A special instance of Birkhoff's construction starts from an arbitrary poset (P,≤) and constructs the Galois connection from the order relation ≤ between P and itself. The resulting complete lattice is the Dedekind-MacNeille completion. When this completion is applied to a poset that already is a complete lattice, then the result is isomorphic to the original one. Thus, we immediately find that every complete lattice is represented by Birkhoff's method, up to isomorphism.

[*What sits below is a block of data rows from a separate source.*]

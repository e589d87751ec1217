// The items of a term with their weight, and what the settlements of messages need that are out.
ghost use Rattle.std.specs.Prelude.{◌≡◌, ◌+◌, ◌<◌, ◌≤◌, List, [], ◌∷◌, ◌++◌, length, IsTrue, IsOk, IfOk, OnOk, OnErr, Some, true, false, is_some, vec_len, vec_capacity};
ghost use Rattle.dkv_base.specs.declared.types.Item.{Item};
ghost use Rattle.dkv_base.specs.declared.types.Item.TheVariants.{Made, Took, Stop};
ghost use Rattle.dkv_base.specs.declared.types.Profile.TheVariants.{Narrow};
ghost use Rattle.dkv_base.specs.Messages.{is_out};
ghost use Rattle.dkv_base.specs.Profiles.{body_most};
ghost use Rattle.dkv_base.specs.Spelling.{record_length, record_body};
ghost use Rattle.dkv_base.specs.Trails.{first_stop, is_stop, item_weight, out, takes, weight as weight_of};
ghost use Rattle.dkv_core.specs.Settling.{without_id};
ghost use Rattle.dkv_journal.specs.Records.{first_layout, laid as laid_of};
ghost use Rattle.dkv_msgs.specs.Readings.{reads_atomic_write};
ghost use Rattle.dkv_record.specs.Records.{commit_of as read_as, is_settlement};
ghost use Rattle.dkv_store.specs.Trails.{message_of, stop_told, FitsIn, IfOut, IsTooHeavy, HasPlace, IsSettling, spent, freed, chosen};

use crate::laid::{lay, settlement};
use dkv_base::{Commit, Item, MsgId, NoMemory, Run};
use dkv_journal::{Journal, Laid};
use std::alloc::Global;
use std::marker::Model;

/// The greatest limit on the weight of a term's items, in bytes.
pub const MAX_TRAIL_BYTES: u64 = 268_435_456;

/// What an item weighs, in bytes, beside the record of a write.
pub(crate) const ITEM_WEIGHT: u64 = 64;

/// The items of a term, with their weight. Each message that is out has a place for the item of its settlement, until a
/// settlement of it uses that place.
#[derive(Drop)]
pub(crate) struct Trail {
    items: Vec<Item>,
    weight: u64,
    // How many places are kept, among the items and among those without one.
    kept: usize,
    // The messages that lost their place since they were taken.
    lost: Vec<MsgId>,
    // A record of 25 bytes, from the first take on.
    settling: Option<Laid>,
    // The place of the first stop, and whether one of the stops is the last.
    stop: Option<u64>,
    ended: bool,
}

impl Model for Trail {
    ghost use Rattle.std.specs.Prelude.{◌≡◌, ◌-◌, ◌+◌, vec_len, vec_capacity};
    ghost use Rattle.dkv_base.specs.Trails.{weight as weight_of};
    ghost use Rattle.dkv_store.specs.Trails.{Items, KeepsPlaces, KnowsStops};

    ghost Value = { Items };

    ghost view = { λ t. record {
      items = t.items.items;
      room = vec_capacity t.items - (vec_len t.items + t.kept);
      roomless = t.lost.items;
      settling = t.settling;
    } };

    ghost invariant = { λ t. (t.weight ≡ weight_of t.items.items) × KeepsPlaces
        t.items.items (vec_len t.items) (vec_capacity t.items)
        t.lost.items (vec_len t.lost) (vec_capacity t.lost) t.kept t.settling
        × KnowsStops t.items.items t.stop t.ended };
}

impl Trail {
    /// No item. Takes no memory.
    pub(crate) fn new(alloc: Global) -> Trail
        ensures items { result.items ≡ [] }
        ensures roomless { result.roomless ≡ [] }
    {
        Trail {
            items: Vec::new(alloc),
            weight: 0,
            kept: 0,
            lost: Vec::new(alloc),
            settling: None,
            stop: None,
            ended: false,
        }
    }

    /// Makes ready for the item of a commit, or for the doubt in its place: room for it, and the commit's record, which is laid
    /// out anew for a write, and else in the one that is kept. Gives its weight beside it. A settlement uses its message's place.
    /// Takes memory for a write, and for a settlement of a message that lost its place.
    pub(crate) fn ready(
        &mut self,
        alloc: Global,
        commit: &Commit,
    ) -> Result<(Option<Laid>, u64), NoMemory>
        requires short { record_length commit.now ≤ body_most Narrow }
        requires out { IfOut (message_of commit.now) (out self.old.items) }
        ensures items { self.new.items ≡ self.old.items }
        ensures room { OnOk result (1 ≤ self.new.room) }
        ensures spent { OnOk result (self.new.roomless
            ≡ spent (message_of commit.now) self.old.roomless) }
        ensures same { OnErr result (self.new.roomless ≡ self.old.roomless) }
        ensures spelled { IfOk result (λ l. chosen l.0 self.new.settling
            ≡ Some (laid_of first_layout 0 (record_body commit.now))) }
        ensures weighed { IfOk result (λ l. l.1 ≡ item_weight (Made commit.now)) }
        ensures back { OnOk result
            (read_as reads_atomic_write (record_body commit.now) ≡ Some commit.now) }
        ensures free { HasPlace (message_of commit.now) self.old.roomless → IsOk result }
    {
        match commit {
            Commit::Wrote { .. } => {
                self.make_place()?;
                let (laid, weight) = lay(alloc, commit)?;
                Ok((Some(laid), weight))
            }
            Commit::Acked { id, .. } | Commit::Failed { id, .. } => {
                self.spend_place(*id)?;
                self.refill(commit);
                Ok((None, ITEM_WEIGHT))
            }
        }
    }

    // Makes room for one item more beside the kept places. Takes memory where there is none.
    fn make_place(&mut self) -> Result<(), NoMemory>
        ensures items { self.new.items ≡ self.old.items }
        ensures room { OnOk result (1 ≤ self.new.room) }
        ensures roomless { self.new.roomless ≡ self.old.roomless }
        ensures settling { self.new.settling ≡ self.old.settling }
    {
        let wanted = self.kept.checked_add(1).ok_or(NoMemory)?;
        self.items.reserve(wanted)?;
        Ok(())
    }

    // Takes the place of a message that is out for its settlement, or makes one where it lost its own.
    fn spend_place(&mut self, id: MsgId) -> Result<(), NoMemory>
        requires { is_out id (out self.old.items) ≡ true }
        ensures items { self.new.items ≡ self.old.items }
        ensures room { OnOk result (1 ≤ self.new.room) }
        ensures spent { OnOk result (self.new.roomless ≡ spent (Some id) self.old.roomless) }
        ensures same { OnErr result (self.new.roomless ≡ self.old.roomless) }
        ensures settling { self.new.settling ≡ self.old.settling }
        ensures free { is_out id self.old.roomless ≡ false → IsOk result }
    {
        if holds(&self.lost, id) {
            return self.make_place();
        }
        self.lost.push_reserved(id);
        self.kept -= 1;
        Ok(())
    }

    // Lays the record of a settlement out, in the place of another's. Takes no memory.
    fn refill(&mut self, commit: &Commit)
        requires settles { IsTrue (is_settlement commit.now) }
        requires out { IfOut (message_of commit.now) (out self.old.items) }
        ensures items { self.new.items ≡ self.old.items }
        ensures room { self.new.room ≡ self.old.room }
        ensures roomless { self.new.roomless ≡ self.old.roomless }
        ensures laid { self.new.settling
            ≡ Some (laid_of first_layout 0 (record_body commit.now)) }
        ensures back { read_as reads_atomic_write (record_body commit.now) ≡ Some commit.now }
    {
        let body = settlement(commit);
        match &mut self.settling {
            Some(laid) => Journal::at(0).refill(laid, &body),
            None => unreachable!(),
        }
    }

    /// The record that a settlement is laid out in. Takes no memory.
    pub(crate) fn settling(&self) -> &Option<Laid>
        ensures { result.now ≡ self.now.settling }
    {
        &self.settling
    }

    /// Adds an item of this weight, which takes no message and is no stop, and for which there is room. Takes no memory.
    pub(crate) fn add(&mut self, item: Item, weight: u64)
        requires room { 1 ≤ self.old.room }
        requires weighed { weight ≡ item_weight item }
        requires takes { takes item ≡ [] }
        requires goes_on { is_stop item ≡ false }
        ensures items { self.new.items ≡ self.old.items ++ item ∷ [] }
        ensures roomless { self.new.roomless ≡ self.old.roomless }
    {
        self.weight = self.weight.saturating_add(weight);
        self.items.push_reserved(item);
    }

    /// Adds a commit of this weight, for which there is room. Takes no memory.
    pub(crate) fn add_made(&mut self, commit: Commit, weight: u64)
        requires room { 1 ≤ self.old.room }
        requires weighed { weight ≡ item_weight (Made commit) }
        ensures items { self.new.items ≡ self.old.items ++ Made commit ∷ [] }
        ensures roomless { self.new.roomless ≡ freed (message_of commit) self.old.roomless }
    {
        let settled = settled_by(&commit);
        self.add(Item::Made(commit), weight);
        if let Some(id) = settled {
            self.forget(id);
        }
    }

    // Keeps no longer in mind that a message lost its place, which isn't out.
    fn forget(&mut self, id: MsgId)
        requires { is_out id (out self.old.items) ≡ false }
        ensures items { self.new.items ≡ self.old.items }
        ensures room { self.new.room ≡ self.old.room }
        ensures roomless { self.new.roomless ≡ without_id id self.old.roomless }
        ensures settling { self.new.settling ≡ self.old.settling }
    {
        drop_id(&mut self.lost, id);
    }

    /// Adds that a message was taken, which isn't out, and makes a place for its settlement. Takes memory.
    pub(crate) fn add_taken(
        &mut self,
        alloc: Global,
        who: u32,
        at: u64,
        id: MsgId,
    ) -> Result<(), NoMemory>
        requires { is_out id (out self.old.items) ≡ false }
        ensures items { OnOk result (self.new.items ≡ self.old.items ++ Took who at id ∷ []) }
        ensures roomless { OnOk result (self.new.roomless ≡ without_id id self.old.roomless) }
        ensures same { OnErr result ((self.new.items ≡ self.old.items)
            × (self.new.roomless ≡ self.old.roomless)) }
    {
        let wanted = self.kept.checked_add(2).ok_or(NoMemory)?;
        self.items.reserve(wanted)?;
        self.lost.reserve(wanted)?;
        have_record(alloc, &mut self.settling)?;
        drop_id(&mut self.lost, id);
        self.kept += 1;
        self.weight = self.weight.saturating_add(ITEM_WEIGHT);
        self.items.push_reserved(Item::Took { who, at, id });
        Ok(())
    }

    /// Adds a stop. Takes memory for its item.
    pub(crate) fn add_stop(&mut self, who: u32, at: u64, last: bool) -> Result<(), NoMemory>
        ensures items { OnOk result (self.new.items ≡ self.old.items ++ Stop who at last ∷ []) }
        ensures same { OnErr result (self.new.items ≡ self.old.items) }
        ensures roomless { self.new.roomless ≡ self.old.roomless }
    {
        self.make_place()?;
        let place = self.items.len() as u64;
        self.stop = self.stop.or(Some(place));
        self.ended = self.ended || last;
        self.weight = self.weight.saturating_add(ITEM_WEIGHT);
        self.items.push_reserved(Item::Stop { who, at, last });
        Ok(())
    }

    /// How many items there are. Takes no memory.
    pub(crate) fn len(&self) -> u64
        ensures { result ≡ length self.now.items }
    {
        self.items.len() as u64
    }

    /// The place of the first stop, if there is one. Takes no memory.
    pub(crate) fn stop(&self) -> Option<u64>
        ensures { result ≡ first_stop self.now.items }
    {
        self.stop
    }

    /// None without a stop, else whether one of them is the last. Takes no memory.
    pub(crate) fn stop_told(&self) -> Option<bool>
        ensures { result ≡ stop_told self.now.items }
    {
        match self.stop {
            Some(_) => Some(self.ended),
            None => None,
        }
    }

    /// The weight of the items, in bytes. Takes no memory.
    pub(crate) fn weight(&self) -> u64
        ensures { result ≡ weight_of self.now.items }
    {
        self.weight
    }

    /// Whether with an item that weighs so much the weight of the items passes this limit, in bytes. Takes no memory.
    pub(crate) fn passes(&self, weight: u64, limit: u64) -> bool
        ensures over { (x : Item) → item_weight x ≡ weight → result ≡ true
            → limit < weight_of (self.now.items ++ x ∷ []) }
        ensures within { (x : Item) → item_weight x ≡ weight → result ≡ false
            → weight_of (self.now.items ++ x ∷ []) ≤ limit }
    {
        limit < self.weight.saturating_add(weight)
    }

    /// Whether a commit of this weight is a write that finds no room under this limit, in bytes. Takes no memory.
    pub(crate) fn is_too_heavy(&self, commit: &Commit, weight: u64, limit: u64) -> bool
        requires weighed { weight ≡ item_weight (Made commit.now) }
        ensures over { result ≡ true → IsTooHeavy limit self.now.items commit.now }
        ensures within { result ≡ false → FitsIn limit self.now.items commit.now }
    {
        match commit {
            Commit::Wrote { .. } => self.passes(weight, limit),
            Commit::Acked { .. } | Commit::Failed { .. } => false,
        }
    }

    /// The items. Takes no memory.
    pub(crate) fn into_run(self) -> Run<Item>
        ensures { result ≡ self.items }
    {
        let Trail {
            items,
            weight: _,
            kept: _,
            lost: _,
            settling: _,
            stop: _,
            ended: _,
        } = self;
        Run::of(items)
    }
}

// Lays a record for a settlement out, if there is none. Takes memory for it.
fn have_record(alloc: Global, settling: &mut Option<Laid>) -> Result<(), NoMemory>
    requires { IsSettling settling.old }
    ensures settling { IsSettling settling.new }
    ensures there { OnOk result (IsTrue (is_some settling.new)) }
    ensures same { OnErr result (settling.new ≡ settling.old) }
{
    if settling.is_some() {
        return Ok(());
    }
    let laid = Journal::lay(alloc, &[0; 25])?;
    *settling = Some(laid);
    Ok(())
}

// Whether the id is one of these.
fn holds(ids: &[MsgId], id: MsgId) -> bool
    ensures { result ≡ is_out id ids.now }
{
    ids.iter().any(|other| id == *other)
}

// Drops each of these that is this id. Takes no memory.
fn drop_id(ids: &mut Vec<MsgId>, id: MsgId)
    ensures ids { ids.new.items ≡ without_id id ids.old.items }
    ensures capacity { vec_capacity ids.new ≡ vec_capacity ids.old }
    ensures len { vec_len ids.new ≤ vec_len ids.old }
{
    ids.retain(|other| *other != id);
}

// The message that a commit settles.
fn settled_by(commit: &Commit) -> Option<MsgId>
    ensures { result ≡ message_of commit.now }
{
    match commit {
        Commit::Wrote { .. } => None,
        Commit::Acked { id, .. } | Commit::Failed { id, .. } => Some(*id),
    }
}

The construction is utilized in formal concept analysis, where one represents real-word data by binary relations (called formal contexts) and uses the associated complete lattices (called concept lattices) for data analysis. The mathematics behind formal concept analysis therefore is the theory of complete lattices.

Another representation is obtained as follows: A subset of a complete lattice is itself a complete lattice (when ordered with the induced order) if and only if it is the image of an increasing and idempotent (but not necessarily extensive) self-map.
The identity mapping has these two properties. Thus all complete lattices occur.

== Further results ==
Besides the previous representation results, there are some other statements that can be made about complete lattices, or that take a particularly simple form in this case. An example is the Knaster–Tarski theorem, which states that the set of fixed points of a monotone function on a complete lattice is again a complete lattice. This is easily seen to be a generalization of the above observation about the images of increasing and idempotent functions.